Why Airships Will Never Be Part of Our Transportation Infrastructure - MichaelAO
http://blogs.scientificamerican.com/guest-blog/2011/05/27/helium-hokum-why-airships-will-never-be-part-of-our-transportation-infrastructure/

======
jcchin41
Hybrid Airships might not fair well on the particular log/log plot shown, but
there are other figures of merit to be considered: Emissions, noise, necessary
landing infrastructure, flight-time, fuel consumption vs. aircraft
productivity (payload x distance / hr)

------
dzdt
The one credible application I've seen for modern airships is for transporting
ultra-heavy massively oversized loads. See
[http://en.wikipedia.org/wiki/CargoLifter](http://en.wikipedia.org/wiki/CargoLifter).
The idea is that overland transport by truck or train imposes maximum size
limits from right-of-way, overpass, and tunnel constraints.

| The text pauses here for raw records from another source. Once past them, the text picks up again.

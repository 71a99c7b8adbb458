//! Generated work: tasks that are drawn, and the hosts that run them while messages get lost and hosts crash.
#![tactic(auto)]

pub mod generate;
mod hosts;
mod job;
mod message;
mod moves;
mod post;
mod summary;
mod tally;

/// Rehearsals of scripts.
pub use psched_rehearse::rehearse;
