impl<R: RealFiles<File = File> + Clock + Drop> HostFiles<R> {
    ghost use Rattle.std.specs.Prelude.{◌≡◌, ℕ, ◌+◌, ◌-◌, ◌^◌, min, option_copied, Ok, Err, IfOk, IfErr, IfSome, IsNone};
    ghost use Rattle.file_log.specs.declared.call.Call.TheVariants as calls;
    ghost use Rattle.file_log.specs.declared.reply.Reply.TheVariants as replies;
    ghost use Rattle.file_log.specs.Seat.{IsFilled, IsEmpty, IsIdle, SlotFits};
    ghost use Rattle.path_names.specs.Paths.{HasPath, HasRoot, path_spelled};
    ghost use Rattle.file_log.specs.Exchange.{MayFail};
    ghost use Rattle.host_files.specs.Calls.{HasPaths};
    ghost use Rattle.host_files.specs.Paths.{IsPathOrNone, IsPathOfCall, IsFaultOfCall, paths_after};
    ghost use Rattle.host_files.specs.Slots.{filled_in, path_of_slot};
    ghost use Rattle.host_files.specs.Seats.{Acts, Went};
    ghost use Rattle.host_files.specs.declared.fault.Fault.TheVariants as faults;
    ghost use Rattle.host_files.specs.declared.reason.Reason.TheVariants as reasons;

    /// Files under these paths for a seat, all of whose slots are empty. No file is opened or made.
    pub fn new(alloc: Global, rt: R, me: Who, paths: Paths) -> Result<HostFiles<R>, NoMemory>
        ensures idle { IfOk result (λ f. IsIdle (⟦<HostFiles<R> as Files>⟧.seen f)) }
        ensures me { IfOk result (λ f. ⟦<HostFiles<R> as Files>⟧.me f ≡ me) }
        ensures faults { IfOk result (λ f. ⟦<HostFiles<R> as Files>⟧.faults f ≡ 0) }
        ensures paths { IfOk result (λ f. f.paths ≡ paths) }
    {
        Ok(HostFiles {
            alloc,
            rt,
            paths,
            seat: Seat::new(me),
            waits: 0,
        })
    }

    /// The first call that failed: none as long as none did, and where there was no memory for its path.
    pub fn first_fault(&self) -> Option<&FirstFault>
        ensures first { option_copied result ≡ self.now.seat.first }
        ensures none { ⟦<HostFiles<R> as Files>⟧.faults self.now ≡ 0 → IsNone result }
    {
        self.seat.first()
    }

    /// The path of a name. `Failed` exactly where it has none.
    fn path(&self, name: &Name) -> Result<Text, Fault>
        ensures path { IfOk result (λ t. t ≡ path_spelled self.now.paths name.now) }
        ensures memory { HasPath self.now.paths name.now → IfErr result (λ f. f ≡ faults.NoMemory) }
        ensures outside { (HasPath self.now.paths name.now → ⊥) → result ≡ Err (faults.Failed reasons.NoPath) }
    {
        if !has_path(&self.paths, name) {
            return Err(Fault::Failed(Reason::NoPath));
        }
        Ok(path_of(self.alloc, &self.paths, name)?)
    }

    fn open_old(&mut self, slot: u8, name: &Name) -> Result<Reply, Fault>
        requires { IsEmpty (filled_in self.old.seat.slots) slot }
        ensures went { Went self.old.seat (calls.OpenOld slot name.now) result self.new.seat }
        ensures slots { IfOk result (λ reply. (at : ℕ) → path_of_slot self.new.seat.slots at ≡ paths_after self.old.paths (calls.OpenOld slot name.now) reply self.old.seat.slots at) }
        ensures rest { self.new ≡ record self.old { seat = self.new.seat } }
        ensures outside { (HasPath self.old.paths name.now → ⊥) → result ≡ Err (faults.Failed reasons.NoPath) }
    {
        let path = self.path(name)?;
        match opening::open_old(&self.rt, name, path.as_str())? {
            Some(file) => {
                self.seat.fill(slot, Opened { file, path });
                Ok(Reply::Done)
            }
            None => Ok(Reply::Missing),
        }
    }

    fn open_new(&mut self, slot: u8, name: &Name) -> Result<Reply, Fault>
        requires { IsEmpty (filled_in self.old.seat.slots) slot }
        ensures went { Went self.old.seat (calls.OpenNew slot name.now) result self.new.seat }
        ensures slots { IfOk result (λ reply. (at : ℕ) → path_of_slot self.new.seat.slots at ≡ paths_after self.old.paths (calls.OpenNew slot name.now) reply self.old.seat.slots at) }
        ensures rest { self.new ≡ record self.old { seat = self.new.seat } }
        ensures outside { (HasPath self.old.paths name.now → ⊥) → result ≡ Err (faults.Failed reasons.NoPath) }
    {
        let path = self.path(name)?;
        let file = opening::open_new(&self.rt, name, path.as_str())?;
        self.seat.fill(slot, Opened { file, path });
        Ok(Reply::Done)
    }

    fn try_lock(&mut self, slot: u8) -> Result<Reply, Fault>
        requires { IsFilled (filled_in self.old.seat.slots) slot }
        ensures went { Went self.old.seat (calls.TryLock slot) result self.new.seat }
        ensures waits { result ≡ Ok replies.Done → self.new.waits ≡ 0 }
        ensures rest { self.new ≡ record self.old { waits = self.new.waits } }
    {
        if !system::take_lock(&self.seat.opened(slot).file)? {
            return Ok(Reply::Held);
        }
        self.waits = 0;
        Ok(Reply::Done)
    }

    fn length(&self, slot: u8) -> Result<Reply, Fault>
        requires { IsFilled (filled_in self.now.seat.slots) slot }
        ensures { Went self.now.seat (calls.Length slot) result self.now.seat }
    {
        Ok(Reply::Number(system::length(&self.seat.opened(slot).file)?))
    }

    fn read_at(&self, slot: u8, at: u64, n: u64) -> Result<Reply, Fault>
        requires { IsFilled (filled_in self.now.seat.slots) slot }
        ensures { Went self.now.seat (calls.ReadAt slot at n) result self.now.seat }
    {
        let bytes = system::read(self.alloc, &self.seat.opened(slot).file, at, n)?;
        Ok(Reply::Got(bytes))
    }

    fn write_at(&self, slot: u8, at: u64, bytes: &Bytes) -> Result<Reply, Fault>
        requires { IsFilled (filled_in self.now.seat.slots) slot }
        ensures { Went self.now.seat (calls.WriteAt slot at bytes.now) result self.now.seat }
    {
        system::write(&self.seat.opened(slot).file, at, bytes.as_slice())?;
        Ok(Reply::Done)
    }

    fn cut(&self, slot: u8, n: u64) -> Result<Reply, Fault>
        requires { IsFilled (filled_in self.now.seat.slots) slot }
        ensures { Went self.now.seat (calls.Cut slot n) result self.now.seat }
    {
        system::cut(&self.seat.opened(slot).file, n)?;
        Ok(Reply::Done)
    }

    fn rename(&self, from: &Name, to: &Name) -> Result<Reply, Fault>
        ensures went { Went self.now.seat (calls.Rename from.now to.now) result self.now.seat }
        ensures outside { (HasPaths self.now.paths (calls.Rename from.now to.now) → ⊥) → result ≡ Err (faults.Failed reasons.NoPath) }
    {
        if !has_path(&self.paths, to) {
            return Err(Fault::Failed(Reason::NoPath));
        }
        let from = self.path(from)?;
        let to = self.path(to)?;
        system::rename(&self.rt, from.as_str(), to.as_str())?;
        Ok(Reply::Done)
    }

    fn remove(&self, name: &Name) -> Result<Reply, Fault>
        ensures went { Went self.now.seat (calls.Remove name.now) result self.now.seat }
        ensures outside { (HasPath self.now.paths name.now → ⊥) → result ≡ Err (faults.Failed reasons.NoPath) }
    {
        let path = self.path(name)?;
        system::remove(&self.rt, path.as_str())?;
        Ok(Reply::Done)
    }

    fn list(&self, root: u32, byte: u8) -> Result<Reply, Fault>
        ensures went { Went self.now.seat (calls.ListFolder root byte) result self.now.seat }
        ensures outside { (HasRoot self.now.paths root → ⊥) → result ≡ Err (faults.Failed reasons.NoPath) }
    {
        let lock = self.path(&Name::FolderLock { root, byte })?;
        let folder = system::folder_of(lock.as_str());
        let keys = system::list(self.alloc, &self.rt, folder, byte)?;
        Ok(Reply::Keys(keys))
    }

    fn now(&self) -> Result<Reply, Fault>
        ensures { Went self.now.seat calls.Now result self.now.seat }
    {
        Ok(Reply::Number(system::now(&self.rt)?))
    }

    fn pause(&mut self)
        ensures acts { Acts self.old.seat calls.Pause replies.Done self.new.seat }
        ensures rest { self.new ≡ record self.old { waits = min (self.old.waits + 1) (2 ^ 32 - 1) } }
    {
        system::wait(&self.rt, self.waits);
        self.waits = self.waits.saturating_add(1);
    }

    fn tell(&mut self, note: &Note)
        ensures acts { Acts self.old.seat (calls.Tell note.now) replies.Done self.new.seat }
        ensures slots { self.new.seat.slots ≡ self.old.seat.slots }
        ensures rest { self.new ≡ record self.old { seat = self.new.seat; waits = 0 } }
    {
        self.waits = 0;
        self.seat.tell(note);
    }

    /// Makes a call, if it can be done.
    fn tried(&mut self, c: &Call) -> Result<Reply, Fault>
        requires slots { SlotFits (filled_in self.old.seat.slots) c.now }
        ensures went { Went self.old.seat c.now result self.new.seat }
        ensures slots { IfOk result (λ reply. (at : ℕ) → path_of_slot self.new.seat.slots at ≡ paths_after self.old.paths c.now reply self.old.seat.slots at) }
        ensures outside { (HasPaths self.old.paths c.now → ⊥) → result ≡ Err (faults.Failed reasons.NoPath) }
        ensures rest { self.new ≡ record self.old { seat = self.new.seat; waits = self.new.waits } }
    {
        match c {
            Call::OpenOld { slot, name } => self.open_old(*slot, name),
            Call::OpenNew { slot, name } => self.open_new(*slot, name),
            Call::TryLock { slot } => self.try_lock(*slot),
            Call::Length { slot } => self.length(*slot),
            Call::ReadAt { slot, at, n } => self.read_at(*slot, *at, *n),
            Call::WriteAt { slot, at, bytes } => self.write_at(*slot, *at, bytes),
            Call::Cut { slot, n } => self.cut(*slot, *n),
            Call::Rename { from, to } => self.rename(from, to),
            Call::Remove { name } => self.remove(name),
            Call::ListFolder { root, byte } => self.list(*root, *byte),
            Call::Now => self.now(),
            Call::Pause => {
                self.pause();
                Ok(Reply::Done)
            }
            Call::Close { slot } => {
                self.seat.close(*slot);
                Ok(Reply::Done)
            }
            Call::Tell(note) => {
                self.tell(note);
                Ok(Reply::Done)
            }
        }
    }

    /// The path of a name, or no text where it has none.
    fn path_or_none(&self, name: &Name) -> Result<Text, NoMemory>
        ensures { IfOk result (IsPathOrNone self.now.paths name.now) }
    {
        if has_path(&self.paths, name) {
            path_of(self.alloc, &self.paths, name)
        } else {
            Text::of(self.alloc, "")
        }
    }

    /// The path of an entries' folder, or no text where its root has none.
    fn folder_or_none(&self, root: u32, byte: u8) -> Result<Text, NoMemory>
        ensures { IfOk result (IsPathOfCall self.now.paths self.now.seat.slots (calls.ListFolder root byte)) }
    {
        let lock = self.path_or_none(&Name::FolderLock { root, byte })?;
        Text::of(self.alloc, system::folder_of(lock.as_str()))
    }

    /// The path that a call names, or no text.
    fn path_named(&self, c: &Call) -> Result<Text, NoMemory>
        requires { SlotFits (filled_in self.now.seat.slots) c.now }
        ensures { IfOk result (IsPathOfCall self.now.paths self.now.seat.slots c.now) }
    {
        match c {
            Call::OpenOld { name, .. } | Call::OpenNew { name, .. } | Call::Remove { name } => {
                self.path_or_none(name)
            }
            Call::Rename { to, .. } => self.path_or_none(to),
            Call::TryLock { slot }
            | Call::Length { slot }
            | Call::ReadAt { slot, .. }
            | Call::WriteAt { slot, .. }
            | Call::Cut { slot, .. } => self.seat.opened(*slot).path.copy(),
            Call::ListFolder { root, byte } => self.folder_or_none(*root, *byte),
            Call::Now | Call::Pause | Call::Close { .. } | Call::Tell(_) => {
                Text::of(self.alloc, "")
            }
        }
    }

    /// A call failed. The first that did is kept, if there is memory for its path.
    fn fail(&mut self, c: &Call, reason: Reason) -> Reply
        requires slots { SlotFits (filled_in self.old.seat.slots) c.now }
        requires may { MayFail c.now }
        ensures reply { result ≡ replies.Failed }
        ensures acts { Acts self.old.seat c.now result self.new.seat }
        ensures path { self.old.seat.faults ≡ 0 → IfSome self.new.seat.first (λ first. IsPathOfCall self.old.paths self.old.seat.slots c.now first.path) }
        ensures reason { self.old.seat.faults ≡ 0 → IfSome self.new.seat.first (λ first. first.reason ≡ reason) }
        ensures slots { self.new.seat.slots ≡ self.old.seat.slots }
        ensures rest { self.new ≡ record self.old { seat = self.new.seat } }
    {
        if self.seat.has_failed() {
            return self.seat.fail();
        }
        match self.path_named(c) {
            Ok(path) => self.seat.fail_first(FirstFault { path, reason }),
            Err(NoMemory) => self.seat.fail(),
        }
    }

    /// Makes a call and answers it.
    fn made(&mut self, c: &Call) -> Reply
        requires slots { SlotFits (filled_in self.old.seat.slots) c.now }
        ensures acts { Acts self.old.seat c.now result self.new.seat }
        ensures outside { (HasPaths self.old.paths c.now → ⊥) → result ≡ replies.Failed }
        ensures first { result ≡ replies.Failed → self.old.seat.faults ≡ 0 → IfSome self.new.seat.first (IsFaultOfCall self.old.paths self.old.seat.slots c.now) }
        ensures slots { (at : ℕ) → path_of_slot self.new.seat.slots at ≡ paths_after self.old.paths c.now result self.old.seat.slots at }
        ensures paths { self.new.paths ≡ self.old.paths }
    {
        match self.tried(c) {
            Ok(reply) => reply,
            Err(Fault::Failed(reason)) => self.fail(c, reason),
            Err(Fault::NoMemory) => self.seat.lack(),
        }
    }
}
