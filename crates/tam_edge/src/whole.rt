// A whole file, and a whole text.
ghost use Rattle.std.specs.Prelude.{◌≡◌, ◌≢◌, ◌≤◌, List, ℕ, length, IfOk, OnOk, OnErr};
ghost use Rattle.std.specs.Io.KnownBytes.{Appends};
ghost use Rattle.tam_edge.specs.Faults.{CountsReadWhole, CountsEndWhole, CountsPut};
ghost use Rattle.tam_edge.specs.declared.whole.ReadError.TheVariants.{NoMemory as Wants_memory};
ghost use Rattle.tam_edge.specs.Whole.{read_error_of, GivesAll, LeavesSuffix, TellsTooLong, AppendsPrefix};

use crate::{Failed, FileError, Files, Sink};
use std::alloc::{AllocError, Global};
use thiserror::Error;

/// Why a file was not read whole.
#[derive(Clone, Copy, Debug, PartialEq, Eq, Error)]
pub enum ReadError {
    #[error("Fault")]
    Fault,
    #[error("TooLong")]
    TooLong,
    #[error("NoMemory")]
    NoMemory,
}

impl From<FileError> for ReadError {
    ghost from_gives = { λ from error. error ≡ read_error_of from };

    fn from(error: FileError) -> ReadError {
        match error {
            FileError::Failed => ReadError::Fault,
            FileError::NoMemory => ReadError::NoMemory,
        }
    }
}

impl From<AllocError> for ReadError {
    ghost from_gives = { λ _ error. error ≡ Wants_memory };

    fn from(error: AllocError) -> ReadError {
        ReadError::from(FileError::from(error))
    }
}

const PIECE: usize = 4096;

/// Reads all that is left of a name, which may be at most `limit` bytes.
///
/// After a refusal the bytes that were given are gone: what is left is a suffix of what was left before.
pub fn read_whole<F: Files>(
    alloc: Global,
    files: &mut F,
    name: &str,
    limit: u32,
) -> Result<Vec<u8>, ReadError>
    ensures bound { IfOk result (λ bytes. length bytes.items ≤ limit) }
    ensures all { IfOk result (λ bytes. GivesAll (F.left files.old name.now) (F.left files.new name.now) bytes.items) }

    // Told bytes are too long exactly where they are more than the limit. A fault is told by the name's count.
    // The end is given once where the file was read whole, and never where it wasn't: nothing is read behind it.
    ensures too_long { TellsTooLong (F.left files.old name.now) limit result }
    ensures counted { CountsReadWhole (F.faults files.old name.now) (F.faults files.new name.now) result }
    ensures ended { CountsEndWhole (F.ends files.old) (F.ends files.new) result }
    ensures err { OnErr result (LeavesSuffix (F.left files.old name.now) (F.left files.new name.now) limit) }

    // No other name changes.
    ensures other_left { (other : List ℕ) → other ≢ name.now → F.left files.new other ≡ F.left files.old other }
    ensures other_faults { (other : List ℕ) → other ≢ name.now → F.faults files.new other ≡ F.faults files.old other }
{
    let limit = limit as usize;
    let mut bytes = Vec::new(alloc);
    let mut buffer = [0u8; PIECE];
    'pieces: while bytes.len() <= limit {
        let room = (limit + 1 - bytes.len()).min(PIECE);
        let piece = &mut buffer[..room];
        let count = files.read(name, piece)?;
        if count == 0 {
            return Ok(bytes);
        }
        bytes.extend_from_slice(&buffer[..count])?;
    }
    Err(ReadError::TooLong)
}

/// Writes all the bytes, or a prefix of them before a fault. It takes no memory.
pub fn write_whole<K: Sink>(out: &mut K, bytes: &[u8]) -> Result<(), Failed>
    ensures ok { OnOk result (Appends (K.taken out.old) (K.taken out.new) bytes.now) }
    ensures err { OnErr result (AppendsPrefix (K.taken out.old) (K.taken out.new) bytes.now) }
    ensures counted { CountsPut (K.faults out.old) (K.faults out.new) result }
{
    let mut rest = bytes;
    'pieces: while !rest.is_empty() {
        let count = out.put(rest)?;
        let (_, after) = rest.split_at(count);
        rest = after;
    }
    Ok(())
}
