// The numbers of calls, from 1, of which chosen ones fail, and of ends that were given. How many bytes a call gives or takes.
ghost use Rattle.std.specs.Prelude.{◌≡◌, ◌<◌, ◌≤◌, ◌↔◌, Contains, IsTrue, IfSome};
ghost use Rattle.tam_edge.specs.Faults.{next_count, CountsEnd};
ghost use Rattle.tam_edge.specs.Pieces.{at_most};

use crate::FileError;

/// One more, but no more than the last value: the number of the next call, and a count of faults that rose.
pub fn next_count(count: u64) -> u64
    ensures value { result ≡ next_count count }
    ensures later { count ≤ result }
{
    count.saturating_add(1)
}

/// Whether the call of that number is one of those that fail.
pub fn is_to_fail(fail: &[u32], call: u64) -> bool
    ensures value { IsTrue result ↔ Contains fail.now call }
{
    fail.iter().any(|number| u64::from(*number) == call)
}

/// The count of ends after a read: one more where it gave the end.
pub fn count_end(ends: u64, given: Result<usize, FileError>) -> u64
    ensures value { CountsEnd ends result given }
{
    match given {
        Ok(0) => next_count(ends),
        Ok(_) => ends,
        Err(_) => ends,
    }
}

/// So many bytes, but at most the bound where there is one.
pub fn at_most(most: Option<u32>, count: usize) -> usize
    requires some { IfSome most (λ most. 0 < most) }
    ensures value { result ≡ at_most most count }
    ensures within { result ≤ count }
    ensures none { (result ≡ 0) ↔ (count ≡ 0) }
{
    match most {
        Some(most) => count.min(most as usize),
        None => count,
    }
}
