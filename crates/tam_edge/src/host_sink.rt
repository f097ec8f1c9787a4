// The standard output of the system. What it takes is not told.
ghost use Rattle.std.specs.Prelude.{◌≡◌, ℕ, None};

use crate::calls::next_count;
use crate::{Failed, Sink};
use std::marker::Model;

/// Standard output, seen as its count of faults.
#[derive(Drop)]
pub struct HostSink<R: Print + Clone + Drop> {
    rt: R,
    faults: u64,
}

impl<R: Print + Clone + Drop> Model for HostSink<R> {
    ghost Value = { ℕ };

    ghost view = { λ sink. sink.faults };
}

impl<R: Print + Clone + Drop> HostSink<R> {
    /// Nothing is written yet. What is taken is never told.
    pub fn new(rt: R) -> HostSink<R>
        ensures untold { ⟦<HostSink<R> as Sink>⟧.taken result ≡ None }
        ensures faultless { ⟦<HostSink<R> as Sink>⟧.faults result ≡ 0 }
    {
        HostSink { rt, faults: 0 }
    }
}

impl<R: Print + Clone + Drop> Sink for HostSink<R> {
    ghost taken = { λ sink. None };

    ghost faults = { λ sink. sink };

    fn put(&mut self, piece: &[u8]) -> Result<usize, Failed> {
        match self.rt.write_some(piece) {
            Ok(count) if count > 0 => Ok(count),
            _ => {
                self.faults = next_count(self.faults);
                Err(Failed)
            }
        }
    }
}
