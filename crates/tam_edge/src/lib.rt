//! The edge of the program: files by name and a sink, each with a count of its faults.
//!
//! Over no other crate of ours. Each crate that reads, writes or may want memory stands on this one.
//! Read `specs/Faults.antt` and `src/files.rt` first: what a fault is, and what a read promises. Then `src/sink.rt` and `src/whole.rt`.
#![tactic(auto)]

mod calls;
mod entries;
mod files;
mod host_files;
mod host_sink;
mod mem_files;
mod mem_sink;
mod no_memory;
mod sink;
mod whole;

pub use files::{FileError, Files};
pub use host_files::HostFiles;
pub use host_sink::HostSink;
pub use mem_files::MemFiles;
pub use mem_sink::MemSink;
pub use no_memory::NoMemory;
pub use sink::{Failed, Sink};
pub use whole::{ReadError, read_whole, write_whole};
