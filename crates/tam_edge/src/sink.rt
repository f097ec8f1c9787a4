// Where a program writes to.
ghost use Rattle.std.specs.Prelude.{◌≡◌, ◌<◌, ◌≤◌, List, ℕ, length, take, Option, IfOk, OnErr};
ghost use Rattle.std.specs.Io.KnownBytes.{Appends};
ghost use Rattle.tam_edge.specs.Faults.{CountsPut};

/// A write failed.
#[derive(Clone, Copy, Debug, PartialEq, Eq)]
pub struct Failed;

/// A sink has the bytes that it took, where it tells them, and a count of faults.
pub trait Sink {
    /// The bytes taken, where the sink tells them.
    ghost taken: { Self → Option (List ℕ) };

    /// How often a write has failed.
    ghost faults: { Self → ℕ };

    /// Takes at least one byte of the piece and at most all, from its front.
    fn put(&mut self, piece: &[u8]) -> Result<usize, Failed>
        requires some { 0 < length piece.now }
        ensures some { IfOk result (λ n. 0 < n) }
        ensures room { IfOk result (λ n. n ≤ length piece.now) }
        ensures took { IfOk result (λ n. Appends (taken self.old) (taken self.new) (take n piece.now)) }
        ensures err { OnErr result (taken self.new ≡ taken self.old) }
        ensures counted { CountsPut (faults self.old) (faults self.new) result };
}
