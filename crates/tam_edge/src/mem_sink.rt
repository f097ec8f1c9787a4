// A sink in memory, of which chosen writes fail.
ghost use Rattle.std.specs.Prelude.{◌≡◌, ◌<◌, ◌≤◌, [], ◌++◌, length, take, None, Some, IfSome, IfOk, OnErr, vec_capacity};
ghost use Rattle.tam_edge.specs.Faults.{CountsPut};
ghost use Rattle.tam_edge.specs.MemSink.{SinkInMemory, PutsMemory};

use crate::calls::{at_most, is_to_fail, next_count};
use crate::{Failed, NoMemory, Sink};
use std::alloc::Global;
use std::marker::Model;

/// A sink in memory with room for so many bytes. The writes with the numbers `fail`, from 1, fail. The others take all that fits,
/// or the stated piece.
#[derive(Drop)]
pub struct MemSink {
    bytes: Vec<u8>,
    room: usize,
    fail: Vec<u32>,
    calls: u64,
    faults: u64,
    most: Option<u32>,
}

impl Model for MemSink {
    ghost Value = { SinkInMemory };

    ghost view = { λ sink. record {
      bytes = sink.bytes.items;
      room = sink.room;
      fail = sink.fail.items;
      calls = sink.calls;
      faults = sink.faults;
      most = sink.most;
    } };

    ghost invariant = { λ sink.
        (length sink.bytes.items ≤ sink.room) × (sink.room ≤ vec_capacity sink.bytes) × IfSome sink.most (λ most. 0 < most) };
}

impl MemSink {
    /// An empty sink. Takes the memory for all its room.
    pub fn new(alloc: Global, room: u32, fail: Vec<u32>) -> Result<MemSink, NoMemory>
        ensures value { IfOk result (λ sink. sink ≡ record { bytes = []; room = room; fail = fail.items; calls = 0; faults = 0; most = None }) }
    {
        Ok(MemSink {
            bytes: Vec::with_capacity(alloc, room as usize)?,
            room: room as usize,
            fail,
            calls: 0,
            faults: 0,
            most: None,
        })
    }

    /// The same sink, of which from now on one write takes at most so many bytes.
    pub fn in_pieces(mut self, most: u32) -> MemSink
        requires some { 0 < most }
        ensures value { result ≡ record self { most = Some most } }
    {
        self.most = Some(most);
        self
    }

    /// The bytes taken.
    pub fn bytes(&self) -> &[u8]
        ensures value { result.now ≡ self.now.bytes }
    {
        &self.bytes
    }
}

impl Sink for MemSink {
    ghost taken = { λ sink. Some sink.bytes };

    ghost faults = { λ sink. sink.faults };

    fn put(&mut self, piece: &[u8]) -> Result<usize, Failed>
        requires some { 0 < length piece.now }
        ensures some { IfOk result (λ n. 0 < n) }
        ensures room { IfOk result (λ n. n ≤ length piece.now) }
        ensures took { IfOk result (λ n. self.new.bytes ≡ self.old.bytes ++ take n piece.now) }
        ensures err { OnErr result (self.new.bytes ≡ self.old.bytes) }
        ensures counted { CountsPut self.old.faults self.new.faults result }

        // It fails exactly where the call is to fail or no room is left.
        ensures exact { PutsMemory self.old self.new piece.now result }
    {
        self.calls = next_count(self.calls);
        let count = at_most(self.most, piece.len().min(self.room - self.bytes.len()));
        if count == 0 || is_to_fail(&self.fail, self.calls) {
            self.faults = next_count(self.faults);
            return Err(Failed);
        }
        if self.bytes.extend_from_slice(&piece[..count]).is_err() {
            unreachable!();
        }
        Ok(count)
    }
}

That could leave a
niche for airships which could far exceed the maximum sizes otherwise
obtainable. Think massive generators or rocket bodies. So far though no one
has made the numbers add up.

------
rdlecler1
There was a bit of hand waving at the end there. Per lane mile of rail and
road can run into the millions. So maybe you get 1000 miles of road. And what
about Bridges? I think there is still room for airships.